Il y a de la place pour les femmes dans les usines

Une campagne pour chasser les idées préconçues

Hélène Ruel helene.ruel@tc.tc
Publié le 7 décembre 2016

De gauche à droite, la coordonnatrice de la Table, Francyne Ducharme, le préfet suppléant Alain St-Pierre, la directrice du développement des communautés à la MRC, Ève Champagne et la directrice des SIE, Annie Perreault

©Photo TC Media - Hélène Ruel

À cette requête «Embauchez des femmes» adressée aux entreprises manufacturières pourrait s'en ajouter une autre, celle-là à l'endroit des femmes : «Femmes, il y a des emplois pour vous dans les entreprises manufacturières».

Avec des partenaires comme la MRC d'Arthabaska, la Chambre de commerce, la Corporation de développement économique, Services intégrés pour l'emploi, la Table de concertation du mouvement des femmes du Centre-du-Québec vient de se lancer dans une nouvelle campagne de sensibilisation.

Précédée d'un sondage auprès d'employeurs pour jauger leur ouverture à intégrer des travailleuses dans leur usine, la campagne s'amorce avec une série de six capsules vidéo où le ton et la gestuelle humoristique ne cachent toutefois pas la réalité.

Il y a de part et d'autre, du côté des employeurs comme des femmes, certaines réticences.

Si 56% des 106 entreprises ayant répondu au sondage mené l'été dernier, ne voient aucun obstacle à recruter des femmes, rien n'empêche que seulement 57 emploient des journalières. Au total, seulement 29% des travailleurs des entreprises manufacturières sont des femmes. La force physique constitue l'obstacle le plus souvent évoqué.

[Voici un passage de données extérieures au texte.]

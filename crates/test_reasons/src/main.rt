// Replays the test vectors of the cut with reasons: a line with the answer for each line of
// standard input.
//
// The row of pairs has one cell more than its records take. It and scratch are lent full of
// leftovers. Where a call leaves a cell otherwise than documents 01 and 02 say, a `?` is written.
#![tactic(auto)]

ghost use Rattle.std.specs.Prelude.{◌≤◌, length};

use newmm_reasons::cut_reasons;
use newmm_rules::{Ends, Mode};
use refusal::Refusal;
use std::io;
use test_lines::{Answers, Pairs, Refused, field, first, lent, read_cells, replay};
use test_rows::{expect_leftovers, expect_zero, mode_of, scratch_cells, smear};
use test_words::hold;

const INPUT: usize = 589824;

// Words with a node for each of their characters.
const POOL: usize = 262144;

// More than the longest text that is accepted.
const TEXT: usize = 70000;

// Pairs for as many tokens, and a cell more.
const PAIRS: usize = 140001;

const SCRATCH: usize = 589952;

fn main(rt: HostRuntime) {
    let mut input = [0u8; INPUT];
    let mut pool = [0u32; POOL];
    let mut text = [0u32; TEXT];
    let mut pairs = [0u32; PAIRS];
    let mut scratch = [0u32; SCRATCH];
    let mut rows = Rows {
        pool: &mut pool,
        text: &mut text,
        pairs: &mut pairs,
        scratch: &mut scratch,
    };
    let _ = replay(&rt, &mut rt.stdin(), &mut input, &mut rows);
}

#[derive(Drop)]
struct Rows<'a> {
    pool: &'a mut [u32],
    text: &'a mut [u32],
    pairs: &'a mut [u32],
    scratch: &'a mut [u32],
}

impl Answers for Rows<'_> {
    // reasons mode, words, scalars, scratch cells, records => ok end:reason,.. edges
    // reasons_pool mode, the pool's cells, scalars, scratch cells, records => the same
    fn answer(&mut self, rt: &impl Print, line: &[u8]) -> io::Result<()> {
        let (pool, text, pairs, scratch) = (
            &mut *self.pool,
            &mut *self.text,
            &mut *self.pairs,
            &mut *self.scratch,
        );
        let cells = match field(line, 0) {
            b"reasons" => hold(rt, field(line, 2), text, pool),
            b"reasons_pool" => read_cells(rt, field(line, 2), pool),
            _ => return print!(rt; "?"),
        };
        let n = read_cells(rt, field(line, 3), text);
        let room = scratch_cells(rt, field(line, 4), n, scratch.len());
        let records = lent(rt, field(line, 5), pairs.len() / 2);
        let Some(mode) = mode_of(field(line, 1)) else {
            return print!(rt; "?");
        };
        let told = pairs.len().min(2 * records + 1);
        tell_reasons(
            rt,
            &text[..n],
            first(pool, cells),
            &mut pairs[..told],
            &mut scratch[..room],
            mode,
        )
    }
}

fn tell_reasons(
    rt: &impl Print,
    text: &[u32],
    pool: &[u32],
    pairs: &mut [u32],
    scratch: &mut [u32],
    mode: Mode,
) -> io::Result<()> {
    smear(pairs);
    smear(scratch);
    match cut_reasons(text, pool, pairs, scratch, mode) {
        Ok(Ends { ends, edges }) => {
            let told = first(pairs, ends.saturating_mul(2));
            expect_zero(rt, scratch);
            expect_leftovers(rt, pairs, told.len());
            print!(rt; "ok {} {edges}", Pairs(told, ','))
        }
        Err(r) => {
            match r {
                Refusal::OutputTooShort(_) => expect_zero(rt, scratch),
                _ => expect_leftovers(rt, scratch, 0),
            }
            expect_leftovers(rt, pairs, 0);
            print!(rt; "{}", Refused(r))
        }
    }
}
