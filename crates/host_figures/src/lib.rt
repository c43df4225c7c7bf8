// Release figures, as hosts are told of them.
#![tactic(auto)]

ghost use Rattle.std.specs.Prelude.{◌≡◌};
ghost use Rattle.newmm_answers.specs.Calls.{call};
ghost use Rattle.host_telling.specs.Told.{told, told_cut, tells};
ghost use Rattle.host_figures.specs.Calls.{FeedTold, RefusedTold, JoinTold};

use figures::join;
use figures_cells::Figures;
use host_telling::{tell, tell_cut};
use newmm_rules::Mode;
use refusal::Refusal;

// Cuts a text in a mode, with reasons, and adds what became of it to the figures: as the cut with
// reasons, and refusal 13 before all others.
pub fn feed(
    figures: &mut Figures,
    text: &[u32],
    pool: &[u32],
    pairs: &mut [u32],
    scratch: &mut [u32],
    mode: Mode,
    count: &mut usize,
    edges: &mut usize,
    detail: &mut usize,
) -> u32
    ensures { FeedTold figures.old
        (call text.now pool.now pairs.old scratch.old mode)
        (told_cut result count.new edges.new detail.new)
        figures.new pairs.new scratch.new }
{
    let fed = figures::feed(figures, text, pool, pairs, scratch, mode);
    tell_cut(fed, count, edges, detail)
}

// Tells an answer that is refused or accepted with 0.
fn tell_only(a: Result<usize, Refusal>, detail: &mut usize) -> u32
    requires { (tells a).count ≡ 0 }
    ensures { told result 0 detail.new ≡ tells a }
{
    let mut count = 0;
    tell(a, &mut count, detail)
}

// Adds a text that was refused before it could be fed, by its refusal's number. Refusal 13.
pub fn feed_refused(figures: &mut Figures, number: u32, detail: &mut usize) -> u32
    ensures { RefusedTold figures.old number
        (told result 0 detail.new) figures.new }
{
    let refused = figures::feed_refused(figures, number);
    tell_only(refused, detail)
}

// Adds the figures of another batch. Refusal 13.
pub fn join_figures(figures: &mut Figures, more: &Figures, detail: &mut usize) -> u32
    ensures { JoinTold figures.old more.now
        (told result 0 detail.new) figures.new }
{
    let joined = join(figures, more);
    tell_only(joined, detail)
}
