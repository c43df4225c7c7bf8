// Word list images, as hosts are told of them.
#![tactic(auto)]

ghost use Rattle.host_telling.specs.Told.{told};
ghost use Rattle.host_images.specs.Calls.{ReadImageTold, WriteImageTold};

use host_telling::tell;

// Replaces the words of a dictionary and their classes by those of an image; accepted with their
// number. Refusals 4, 9, 8.
pub fn read_image(pool: &mut [u32], image: &[u8], count: &mut usize, detail: &mut usize) -> u32
    ensures { ReadImageTold image.now pool.old
        (told result count.new detail.new) pool.new }
{
    let words = word_list::read_image(pool, image);
    tell(words, count, detail)
}

// Writes the words of a dictionary and their classes as an image to the front of out; accepted with
// its bytes. Refusals 4, 6.
pub fn write_image(pool: &[u32], out: &mut [u8], count: &mut usize, detail: &mut usize) -> u32
    ensures { WriteImageTold pool.now out.old
        (told result count.new detail.new) out.new }
{
    let bytes = word_list_write::write_image(pool, out);
    tell(bytes, count, detail)
}
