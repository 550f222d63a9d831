// One round of `reduce`: propagate, remove redundant rows, tighten coefficients and probe. The model and the table are
// valid before it, and each call leaves them valid. Its calls are direct ones, made by the step of their kind, and pass
// their checks: a list would refuse those that change a row.
#![tactic(auto)]

ghost use Rattle.std.specs.Prelude.{◌≡◌};
ghost use Rattle.probe_side.specs.Marked.{Marked};
ghost use Rattle.model.specs.Valid.{ValidState};
ghost use Rattle.semantics.specs.Run.{run as ran};
ghost use Rattle.demands.specs.Unmoved.{any_spent};
ghost use Rattle.model.specs.Rows.{rows_of};
ghost use Rattle.model.specs.State.{state_of};
ghost use Rattle.rounds.specs.Round.{any_change, probes, round as round_of};

use boxes::is_free;
use call::class_of_propagation;
use model::{MAX_ROWS, MAX_VARIABLES};
use probe_step::run_probe_marked;
use round_rows::{is_changed, remove_rows, tighten_rows};
use row_passes::propagate;

// The passes of a round's propagation, and of each side of its probes.
const PASSES: u32 = 1_000;

// What calls did: whether a bound, row or table byte changed, and whether the budget of a probe's side was spent.
#[derive(Clone, Copy)]
pub struct Made {
    pub changed: bool,
    pub spent: bool,
}

// Probes each variable that is free when its turn comes, upwards, by the index of the rows and the marks of the box;
// says whether a bound or a table byte changed, and whether a side's budget was spent.
fn probe_variables_marked(
    n: usize,
    m: usize,
    bounds: &mut [i32],
    coefs: &[i32],
    rhs: &[i32],
    kinds: &[u8],
    table: &mut [u8],
    across: &mut [u8],
    signs: &mut [u8],
    marks: &mut [u8],
) -> Made
    requires valid_state { ValidState (state_of n m bounds.old (rows_of coefs.now rhs.now kinds.now) table.old) }
    requires fact { let A = rows_of coefs.now rhs.now kinds.now in
        Marked n m bounds.old A across.old signs.old marks.old }
    ensures left { let A = rows_of coefs.now rhs.now kinds.now in
        let s = state_of n m bounds.old A table.old in
        let r' = state_of n m bounds.new A table.new in
        r' ≡ ran s (probes s) }
    ensures changed { let A = rows_of coefs.now rhs.now kinds.now in
        let s = state_of n m bounds.old A table.old in
        result.changed ≡ any_change s (probes s) }
    ensures spent { let A = rows_of coefs.now rhs.now kinds.now in
        let s = state_of n m bounds.old A table.old in
        result.spent ≡ any_spent s (probes s) }
{
    let mut changed = false;
    let mut spent = false;
    for k in 0..n {
        if is_free(bounds, k) {
            let step = run_probe_marked(
                n, m, bounds, coefs, rhs, kinds, table, k as u32, PASSES, across, signs, marks,
            );
            spent |= step.spent;
            changed |= is_changed(step.class);
        }
    }
    Made { changed, spent }
}

// The same, of rows of which nothing is known yet. No probe changes a row, and each leaves a box inside the one
// before: what is known is kept from probe to probe.
fn probe_variables(
    n: usize,
    m: usize,
    bounds: &mut [i32],
    coefs: &[i32],
    rhs: &[i32],
    kinds: &[u8],
    table: &mut [u8],
) -> Made
    requires { ValidState (state_of n m bounds.old (rows_of coefs.now rhs.now kinds.now) table.old) }
    ensures left { let A = rows_of coefs.now rhs.now kinds.now in
        let s = state_of n m bounds.old A table.old in
        let r' = state_of n m bounds.new A table.new in
        r' ≡ ran s (probes s) }
    ensures changed { let A = rows_of coefs.now rhs.now kinds.now in
        let s = state_of n m bounds.old A table.old in
        result.changed ≡ any_change s (probes s) }
    ensures spent { let A = rows_of coefs.now rhs.now kinds.now in
        let s = state_of n m bounds.old A table.old in
        result.spent ≡ any_spent s (probes s) }
{
    let mut across = [0u8; MAX_ROWS * MAX_VARIABLES];
    let mut signs = [0u8; MAX_ROWS * MAX_VARIABLES];
    let mut marks = [0u8; MAX_ROWS];
    probe_variables_marked(
        n,
        m,
        bounds,
        coefs,
        rhs,
        kinds,
        table,
        &mut across,
        &mut signs,
        &mut marks,
    )
}

// One round; says whether anything changed, and whether a side of a probe was spent: its other calls are no probes,
// and the round's own propagation does not count. After None the box is empty, and no further call is made.
pub fn round(
    n: usize,
    m: usize,
    bounds: &mut [i32],
    coefs: &mut [i32],
    rhs: &mut [i32],
    kinds: &mut [u8],
    table: &mut [u8],
) -> Made
    requires { ValidState (state_of n m bounds.old (rows_of coefs.old rhs.old kinds.old) table.old) }
    ensures left { let A = rows_of coefs.old rhs.old kinds.old in
        let A' = rows_of coefs.new rhs.new kinds.new in
        let s = state_of n m bounds.old A table.old in
        let r' = state_of n m bounds.new A' table.new in
        r' ≡ ran s (round_of s) }
    ensures changed { let A = rows_of coefs.old rhs.old kinds.old in
        let s = state_of n m bounds.old A table.old in
        result.changed ≡ any_change s (round_of s) }
    ensures spent { let A = rows_of coefs.old rhs.old kinds.old in
        let s = state_of n m bounds.old A table.old in
        result.spent ≡ any_spent s (round_of s) }
{
    let propagation = propagate(n, m, bounds, coefs, rhs, kinds, PASSES);
    let mut changed = is_changed(class_of_propagation(propagation));
    changed |= remove_rows(n, m, bounds, coefs, rhs, kinds);
    changed |= tighten_rows(n, m, bounds, coefs, rhs, kinds);
    let probing = probe_variables(n, m, bounds, coefs, rhs, kinds, table);
    Made {
        changed: changed | probing.changed,
        spent: probing.spent,
    }
}
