// One record of a flat call list (01's run sheet), four numbers: read, and what it did told as a byte (D-67), which is
// defined here; and the checks of a list. `flat_list` runs the records.
#![tactic(auto)]

ghost use Rattle.std.specs.Prelude.{◌≡◌, ◌/◌, ◌<◌, length, set};
ghost use Rattle.call.specs.Calls.{call_on};
ghost use Rattle.call.specs.Classes.{class_is};
ghost use Rattle.model.specs.Refusals.{fault_of};
ghost use Rattle.model.specs.Rows.{rows_of};
ghost use Rattle.model.specs.State.{State, state_of};
ghost use Rattle.semantics.specs.CallList.{list_fault, record_at};
ghost use Rattle.flat_record.specs.Classes.{class_byte, classes_fault};

use buffer_checks::is_product;
use call::{Call, CallClass};
use model::refusal::Refusal;
use model_checks::check_model_with_table;

// The bytes of the classes: the places of their counts in the answer.
const REFUSED: u8 = 0;

const INFEASIBLE: u8 = 1;

const CHANGED: u8 = 2;

const UNCHANGED: u8 = 3;

fn class_byte(class: CallClass) -> u8
    ensures { result ≡ class_byte (class_is class) }
{
    match class {
        CallClass::Refused(_) => REFUSED,
        CallClass::Infeasible => INFEASIBLE,
        CallClass::Changed => CHANGED,
        CallClass::Unchanged => UNCHANGED,
    }
}

// Tells the class of record i, where a byte is lent for it.
pub fn tell(classes: &mut [u8], i: usize, class: CallClass)
    ensures { classes.new ≡ set classes.old i (class_byte (class_is class)) }
{
    if i < classes.len() {
        classes[i] = class_byte(class);
    }
}

// Record i: kind, row, variable, budget.
pub fn record_at(calls: &[u32], i: usize) -> Call
    requires { i < length calls.now / 4 }
    ensures { (s : State) → call_on s result ≡ record_at s calls.now i }
{
    let kind = calls[4 * i];
    let row = calls[4 * i + 1];
    let variable = calls[4 * i + 2];
    let budget = calls[4 * i + 3];
    Call {
        kind,
        row,
        variable,
        budget,
    }
}

// The number by which a list is refused as a whole, 0 where it is run: the model's checks, 5 of its own length too, and
// 10.
pub fn check_list(
    n: usize,
    m: usize,
    bounds: &[i32],
    coefs: &[i32],
    rhs: &[i32],
    kinds: &[u8],
    table: &[u8],
    calls: &[u32],
) -> Result<(), Refusal>
    ensures { let A = rows_of coefs.now rhs.now kinds.now in
        let s = state_of n m bounds.now A table.now in
        fault_of result ≡ list_fault s calls.now }
{
    check_model_with_table(n, m, bounds, coefs, rhs, kinds, table, calls.len() % 4 == 0)
}

// As `list_fault`; by 5 too where not a byte is lent for each record of four numbers.
pub fn check_classes(
    n: usize,
    m: usize,
    bounds: &[i32],
    coefs: &[i32],
    rhs: &[i32],
    kinds: &[u8],
    table: &[u8],
    calls: &[u32],
    classes: &[u8],
) -> Result<(), Refusal>
    ensures { let A = rows_of coefs.now rhs.now kinds.now in
        let s = state_of n m bounds.now A table.now in
        fault_of result ≡ classes_fault s calls.now classes.now }
{
    let fits = is_product(calls.len(), 4, classes.len());
    check_model_with_table(n, m, bounds, coefs, rhs, kinds, table, fits)
}
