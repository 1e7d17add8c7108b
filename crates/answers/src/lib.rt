// Document 01's answer numbers, and the answer of a check that returns no values.
#![tactic(auto)]

ghost use Rattle.std.specs.Prelude.{◌≡◌};
ghost use Rattle.answers.specs.Numbers.{number_of, checked_number};

// Why a call refuses: one case for each row of document 01's table of answer numbers.
#[derive(Clone, Copy, Debug, PartialEq, Eq)]
pub enum Refusal {
    TooShort,
    WrongVersion,
    WrongKind,
    OutOfRange,
    Misaligned,
    Leftover,
    BadOffsets,
    BadSeparator,
    WrongTotals,
    NoSuchSequence,
    BadProteinByte,
    BadAmbiguity,
    NoRoom,
    WrongMagic,
    TagsDiffer,
    BadRun,
    BadCode,
    BadMetadata,
    BadHeader,
    TooDeep,
    TooLarge,
}

// The most bytes of an input byte range, and the most packets of an input packet range: more is TooLarge.
pub const MOST_BYTES: usize = 2147483647;

pub const MOST_PACKETS: usize = 536870912;

// The number of a refusal in document 01.
impl From<Refusal> for u32 {
    ghost from_gives = { λ r n. n ≡ number_of r };

    fn from(r: Refusal) -> u32 {
        match r {
            Refusal::TooShort => 1,
            Refusal::WrongVersion => 2,
            Refusal::WrongKind => 3,
            Refusal::OutOfRange => 4,
            Refusal::Misaligned => 5,
            Refusal::Leftover => 6,
            Refusal::BadOffsets => 7,
            Refusal::BadSeparator => 8,
            Refusal::WrongTotals => 9,
            Refusal::NoSuchSequence => 10,
            Refusal::BadProteinByte => 11,
            Refusal::BadAmbiguity => 12,
            Refusal::NoRoom => 13,
            Refusal::WrongMagic => 14,
            Refusal::TagsDiffer => 15,
            Refusal::BadRun => 17,
            Refusal::BadCode => 18,
            Refusal::BadMetadata => 19,
            Refusal::BadHeader => 20,
            Refusal::TooDeep => 21,
            Refusal::TooLarge => 22,
        }
    }
}

// The answer number of a check that returns no values: 0 where it passed.
pub fn checked_number(c: Result<(), Refusal>) -> u32
    ensures { result ≡ checked_number c }
{
    match c {
        Ok(()) => 0,
        Err(r) => u32::from(r),
    }
}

Les femmes entretiendraient elles aussi des préjugés quant au travail dans une usine, s'attendant à un environnement «sale».

Lorsqu'elles s'inscrivent chez Services intégrés pour l'emploi (SIE), d'emblée, elles souhaitent s'orienter vers un emploi dans le créneau des biens et services, dans les soins aux personnes, note la directrice Annie Perreault.

«Ce sera un grand défi pour nous que de tenter de les convaincre de s'intéresser aux emplois disponibles dans le secteur manufacturier», soutient-elle.

Les emplois de ce secteur sont souvent mieux rémunérés, offrent des horaires plus fixes, une plus grande sécurité d'emploi, note encore la directrice.

Car il y a des emplois dans ce domaine, souligne Chantale Descheneaux, agente de développement à la Table. Soixante-dix entreprises répondantes prévoient créer 635 emplois au cours des trois prochaines années, selon les données du sondage qu'elle a mené.

Pour soutenir tout à la fois les employeurs que les travailleuses potentielles, la campagne prévoit aussi la création d'une trousse d'outils pour les employeurs. Ils y trouveront ce qu'ils pourraient améliorer pour, non seulement recruter des femmes, mais les retenir en emploi, ce qui constitue un autre enjeu, selon la coordonnatrice de la Table, Francyne Ducharme.

Quant aux femmes, SIE organisera des sessions de formation et d'information sur les concepts de santé et de sécurité au travail, du système impérial métrique, d'hygiène et de salubrité. On leur proposera même d'apprendre à manœuvrer un chariot élévateur… tout aussi utile aux hommes pour soulever des piles de planches.

Le préfet suppléant de la MRC d'Arthabaska, Alain St-Pierre, a salué cette opération visant à chasser les idées préconçues. Il dit qu'elle favorisera l'égalité en emploi et contribuera à satisfaire les besoins de main-d'œuvre des entreprises.

Les capsules vidéos peuvent être visionnées sur diverses plateformes, celles des sites des partenaires et sur la chaîne You Tube de la Table de concertation du mouvement des femmes du Centre-du-Québec.